6 Quick HTML Fixes for Increasing Website Loading Times
By Gary Stevens ; November 10th, 2017

As internet speeds increase around the world, it seems that we only get more impatient when it comes to pages that load slowly. This is especially true if we are looking at sites on our phones, where a web page that takes longer than a few seconds to load can be very frustrating.

Designing a fast website need not be that difficult. There are some basic principles to bear in mind when designing and optimizing your site. It should be clean, and as minimal as possible. It should have a logical design that allows users to reach the pages they are looking for quickly and easily.

Beyond this, there are some basic things you can do to improve your sites' speed. One of the easiest is to have a look at the basic code your site runs on - the HTML - and ruthlessly eliminate unnecessary bits of code.

By doing this, you should see your sites' load times improve dramatically. Because you are optimizing the base level of your site, everything from image cropping to payment systems should see an improvement.

Today, I'll take you through 6 ways of optimizing your HTML code.

1. Minify Your HTML

A super quick way of optimizing your HTML code is to use an online, automated code compressor. In the olden days, when HTML was written by hand, developers would write minimal code by instinct. Now that most of us use GUIs for web page design, generated HTML can sometimes be hopelessly inefficient.

Online code compressors like HTML Compress work on a pretty basic principle, deleting comments and white space out of your code to reduce file sizes and speed up loading times. They can have a big effect on complicated websites that have gone through many revisions.

One downside of such services, however, is that they can make your code pretty hard to read. If you are the type of coder who likes to leave comments for yourself, these will generally be lost.

2. Make CSS and JS Files External

Even a few years ago, there was an unwritten rule of HTML that helped pages to load quickly: keep your CSS and JS files external, invoke the CSS at the beginning of a page, and the JS scripts at the bottom.

In recent years, this rule has begun to be ignored, which is unfortunate. Stick to it, and you will avoid long delays as your browser tries to load your fancy JS script before the important bits of the page.

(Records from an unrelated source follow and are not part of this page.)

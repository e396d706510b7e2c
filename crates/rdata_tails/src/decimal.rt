//! Decimals with few digits after the point.
ghost use Rattle.std.specs.Prelude.{◌≡◌, ◌<◌, ◌≤◌, ◌*◌, ◌^◌, IfSome};
ghost use Rattle.rdata_tails.specs.Decimals.{FindsDecimal, FindsLength, FindsPart};
ghost use Rattle.rdata_tails.specs.Prefixes.{FindsNumber};

use crate::marks::around_first;
use rdata_values::numbers::u32_from_text;

/// Parses a decimal number of 32 bits.
pub(crate) fn number32(text: &[u8]) -> Option<u32>
    ensures { FindsNumber (2 ^ 32) text.now result }
{
    u32_from_text(text).ok()
}

/// Returns a number with `zeros` zeros after it.
fn scaled(number: u32, zeros: usize) -> u64
    requires { zeros ≤ 3 }
    ensures value { result ≡ number * 10 ^ zeros }
    ensures most { result ≤ number * 1000 }
{
    let number = u64::from(number);
    match zeros {
        0 => number,
        1 => number * 10,
        2 => number * 100,
        _ => number * 1000,
    }
}

/// Parses the digits after the point. Returns them in units of the last of `places` digits.
fn part_from_text(places: usize, text: &[u8]) -> Option<u64>
    requires { places ≤ 3 }
    ensures part { FindsPart places text.now result }
    ensures few { IfSome result (λ n. n < 2 ^ 42) }
{
    if text.len() > places {
        return None;
    }
    let part = number32(text)?;
    Some(scaled(part, places - text.len()))
}

/// Parses a decimal with at most `places` digits after the point. Returns it in units of the last
/// of them.
pub(crate) fn decimal_from_text(places: usize, text: &[u8]) -> Option<u64>
    requires { places ≤ 3 }
    ensures found { FindsDecimal places text.now result }
    ensures few { IfSome result (λ n. n < 2 ^ 43) }
{
    let Some(parts) = around_first(text, b'.') else {
        let whole = number32(text)?;
        return Some(scaled(whole, places));
    };
    let whole = number32(parts.before)?;
    let part = part_from_text(places, parts.after)?;
    Some(scaled(whole, places) + part)
}

/// Parses a length in metres. Returns it in centimetres.
pub(crate) fn length_from_text(text: &[u8]) -> Option<u64>
    ensures found { FindsLength text.now result }
    ensures few { IfSome result (λ n. n < 2 ^ 43) }
{
    match around_first(text, b'm') {
        None => decimal_from_text(2, text),
        Some(parts) if parts.after.is_empty() => decimal_from_text(2, parts.before),
        Some(_) => None,
    }
}
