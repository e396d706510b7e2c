//! Parses locations (RFC 1876) from the tokens of an entry.
ghost use Rattle.std.specs.Prelude.{◌≡◌, ◌≤◌, [], OnOk, OnErr, IfErr};
ghost use Rattle.dns_octets.specs.Appending.{Gains};
ghost use Rattle.rdata_tails.specs.Locations.{most_angle, Finds, SpellsLocation, location_octets};
ghost use Rattle.rdata_tails.specs.LocationParsing.{SpellsPart, IsBounded, FindsNext, ParsesLocationWord, ParsesAngle, ParsesMinutes, ParsesSeconds, ParsesSize, ParsesSizes, ParsesLocation, RefusesLocation};

use crate::angles::{
    Axis, degrees_from_text, minutes_from_text, seconds_from_text, side_from_text,
};
use crate::heights::{altitude_from_text, size_from_text};
use dns_octets::OctetsBuilder;
use rdata_fields::{RecordError, TokenSource};
use rdata_values::ErrorKind;

/// The sizes of a location: its diameter, and its horizontal and vertical precision, each as its
/// octet in wire format.
#[derive(Clone, Copy)]
pub struct Sizes {
    pub size: u8,
    pub horizontal: u8,
    pub vertical: u8,
}

/// A location, by its numbers in wire format.
#[derive(Clone, Copy)]
pub struct Location {
    pub sizes: Sizes,
    pub latitude: u32,
    pub longitude: u32,
    pub altitude: u32,
}

/// The size if none is written, 1 m.
const SIZE: u8 = 0x12;

/// The horizontal precision if none is written, 10000 m.
const HORIZONTAL: u8 = 0x16;

/// The vertical precision if none is written, 10 m.
const VERTICAL: u8 = 0x13;

/// Returns the octets of a location.
fn octets_of(location: &Location) -> [u8; 16]
    ensures { result ≡ location_octets location.now }
{
    let [a, b, c, d] = location.latitude.to_be_bytes();
    let [e, f, g, h] = location.longitude.to_be_bytes();
    let [i, j, k, l] = location.altitude.to_be_bytes();
    let sizes = location.sizes;
    [
        0,
        sizes.size,
        sizes.horizontal,
        sizes.vertical,
        a,
        b,
        c,
        d,
        e,
        f,
        g,
        h,
        i,
        j,
        k,
        l,
    ]
}

/// The kind of a word of a location, with the angle before it.
#[derive(Clone, Copy)]
enum Part {
    Degrees(Axis),
    Minutes(Axis, u32),
    Seconds(Axis, u32),
    Side(Axis, u32),
    Altitude,
    Size,
}

/// Parses a word as a part. Returns its number.
fn part_from_text(part: Part, text: &[u8]) -> Option<u32>
    requires { IsBounded part }
    ensures { Finds (SpellsPart part) text.now result }
{
    match part {
        Part::Degrees(axis) => degrees_from_text(axis, text),
        Part::Minutes(axis, before) => minutes_from_text(axis, before, text),
        Part::Seconds(axis, before) => seconds_from_text(axis, before, text),
        Part::Side(axis, angle) => side_from_text(axis, angle, text),
        Part::Altitude => altitude_from_text(text),
        Part::Size => size_from_text(text),
    }
}

/// Parses the next token as a part. Returns its number. Doesn't skip the token.
fn next_part<S: TokenSource>(part: Part, source: &S) -> Option<u32>
    requires { IsBounded part }
    ensures { FindsNext part (S.left source.now) result }
{
    let token = source.current()?;
    if token.is_quoted {
        return None;
    }
    part_from_text(part, token.text)
}

/// Parses the next token as a part, and skips it if it is one.
fn parse_part<S: TokenSource>(part: Part, source: &mut S) -> Option<u32>
    requires { IsBounded part }
    ensures takes { ParsesLocationWord part (S.left source.old) result (S.left source.new) }
    ensures end { S.end source.new ≡ S.end source.old }
{
    let number = next_part(part, source)?;
    source.advance();
    Some(number)
}

/// Parses the tokens of an angle. On an error, the source is at the rejected token.
fn parse_angle<S: TokenSource>(axis: Axis, source: &mut S) -> Option<u32>
    ensures takes { ParsesAngle axis (S.left source.old) result (S.left source.new) }
    ensures end { S.end source.new ≡ S.end source.old }
{
    let degrees = parse_part(Part::Degrees(axis), source)?;
    if let Some(number) = parse_part(Part::Side(axis, degrees), source) {
        return Some(number);
    }
    parse_minutes(axis, degrees, source)
}

/// Parses the tokens of an angle after its degrees, if the next is not a side.
fn parse_minutes<S: TokenSource>(axis: Axis, degrees: u32, source: &mut S) -> Option<u32>
    requires { degrees ≤ most_angle axis }
    ensures takes { ParsesMinutes axis degrees (S.left source.old) result (S.left source.new) }
    ensures end { S.end source.new ≡ S.end source.old }
{
    let minutes = parse_part(Part::Minutes(axis, degrees), source)?;
    if let Some(number) = parse_part(Part::Side(axis, minutes), source) {
        return Some(number);
    }
    parse_seconds(axis, minutes, source)
}

/// Parses the tokens of an angle after its minutes, if the next is not a side.
fn parse_seconds<S: TokenSource>(axis: Axis, minutes: u32, source: &mut S) -> Option<u32>
    requires { minutes ≤ most_angle axis }
    ensures takes { ParsesSeconds axis minutes (S.left source.old) result (S.left source.new) }
    ensures end { S.end source.new ≡ S.end source.old }
{
    let seconds = parse_part(Part::Seconds(axis, minutes), source)?;
    parse_part(Part::Side(axis, seconds), source)
}

/// Parses the next token as a size. Returns `usual` if there is no token.
fn parse_size<S: TokenSource>(usual: u8, source: &mut S) -> Option<u8>
    ensures takes { ParsesSize usual (S.left source.old) result (S.left source.new) }
    ensures end { S.end source.new ≡ S.end source.old }
{
    if source.current().is_none() {
        return Some(usual);
    }
    let octet = parse_part(Part::Size, source)?;
    Some(octet as u8)
}

/// Parses the unread tokens as sizes.
fn parse_sizes<S: TokenSource>(source: &mut S) -> Result<Sizes, ErrorKind>
    ensures takes { ParsesSizes (S.left source.old) result (S.left source.new) }
    ensures end { S.end source.new ≡ S.end source.old }
{
    let Some(size) = parse_size(SIZE, source) else {
        return Err(ErrorKind::ExpectedSize);
    };
    let Some(horizontal) = parse_size(HORIZONTAL, source) else {
        return Err(ErrorKind::ExpectedSize);
    };
    let Some(vertical) = parse_size(VERTICAL, source) else {
        return Err(ErrorKind::ExpectedSize);
    };
    if source.current().is_some() {
        return Err(ErrorKind::ExpectedEnd);
    }
    Ok(Sizes {
        size,
        horizontal,
        vertical,
    })
}

/// Parses the unread tokens as a location.
fn read_location<S: TokenSource>(source: &mut S) -> Result<Location, ErrorKind>
    ensures takes { ParsesLocation (S.left source.old) result (S.left source.new) }
    ensures end { S.end source.new ≡ S.end source.old }
{
    let Some(latitude) = parse_angle(Axis::Latitude, source) else {
        return Err(ErrorKind::ExpectedLatitude);
    };
    let Some(longitude) = parse_angle(Axis::Longitude, source) else {
        return Err(ErrorKind::ExpectedLongitude);
    };
    let Some(altitude) = parse_part(Part::Altitude, source) else {
        return Err(ErrorKind::ExpectedAltitude);
    };
    let sizes = match parse_sizes(source) {
        Ok(sizes) => sizes,
        Err(why) => return Err(why),
    };
    Ok(Location {
        latitude,
        longitude,
        altitude,
        sizes,
    })
}

/// Parses the unread tokens as a location, and appends it in wire format.
///
/// On an error, the target is unchanged, and the source is at the rejected token or at the entry's
/// end. The error has the offset of this token or of the end.
pub fn parse_location<S: TokenSource, B: OctetsBuilder>(
    source: &mut S,
    target: &mut B,
) -> Result<(), RecordError>
    ensures ok { OnOk result (Gains (SpellsLocation (S.left source.old))
        (B.octets target.old) (B.octets target.new)) }
    ensures taken { OnOk result (S.left source.new ≡ []) }
    ensures err { OnErr result (B.octets target.new ≡ B.octets target.old) }
    ensures why { IfErr result (RefusesLocation B.room (S.end source.old).at
        (S.left source.old) (S.left source.new) (B.octets target.old)) }
    ensures end { S.end source.new ≡ S.end source.old }
{
    match read_location(source) {
        Ok(location) => match target.append_slice(&octets_of(&location)) {
            Ok(()) => Ok(()),
            Err(_) => Err(RecordError::at(source.place(), ErrorKind::ShortBuf)),
        },
        Err(why) => Err(RecordError::at(source.place(), why)),
    }
}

Bear in mind, however, that by keeping scripts external you are requiring your customers' browsers to load several different files, and if your web host is rubbish this will slow your page down. Check a website like Aussie Hosting for comparisons of hosting speeds to make sure this will not effect you.


3. Eliminate Duplicate Scripts

This might sound like a strange point to make, but have a look at some of your front end pages and you might see that the same JS scripts are being invoked multiple times on the same page. If this applies to you, don't kick yourself - it's actually a pretty common problem on sites that have been through a few revisions.

Not to state the obvious, but each additional instance of a JS script you invoke will slow down your pages, so make sure you only load them once.

In addition, it can be worth making these scripts conditional on other elements of the page, so that they only start when they are required, especially if you have a number of scripts per page.


4. Avoid CSS Expressions

CSS expressions where introduced in IE5, and at that time seemed to be a great invention. They allow you, basically, to set CSS properties on the fly, updating values and parameters dynamically. This made complicated formatting and font-heavy sites a lot easier to design.

The downside is that every time a user renders, re-sizes, or scrolls a page, the CSS is re-evaluated. This can really slow pages down.

There is still  a place for CSS expressions, but my advice would be this - unless you absolutely need to use one, don't.

5. Look At Your Code

Well, duh. It might sound obvious, but only by looking at your code - and I mean in a text editor, not in a GUI - can you truly optimize it. Ideally, you should regularly enough in order to understand how each new piece of HTML works, so you can optimize or delete it as you develop your site further.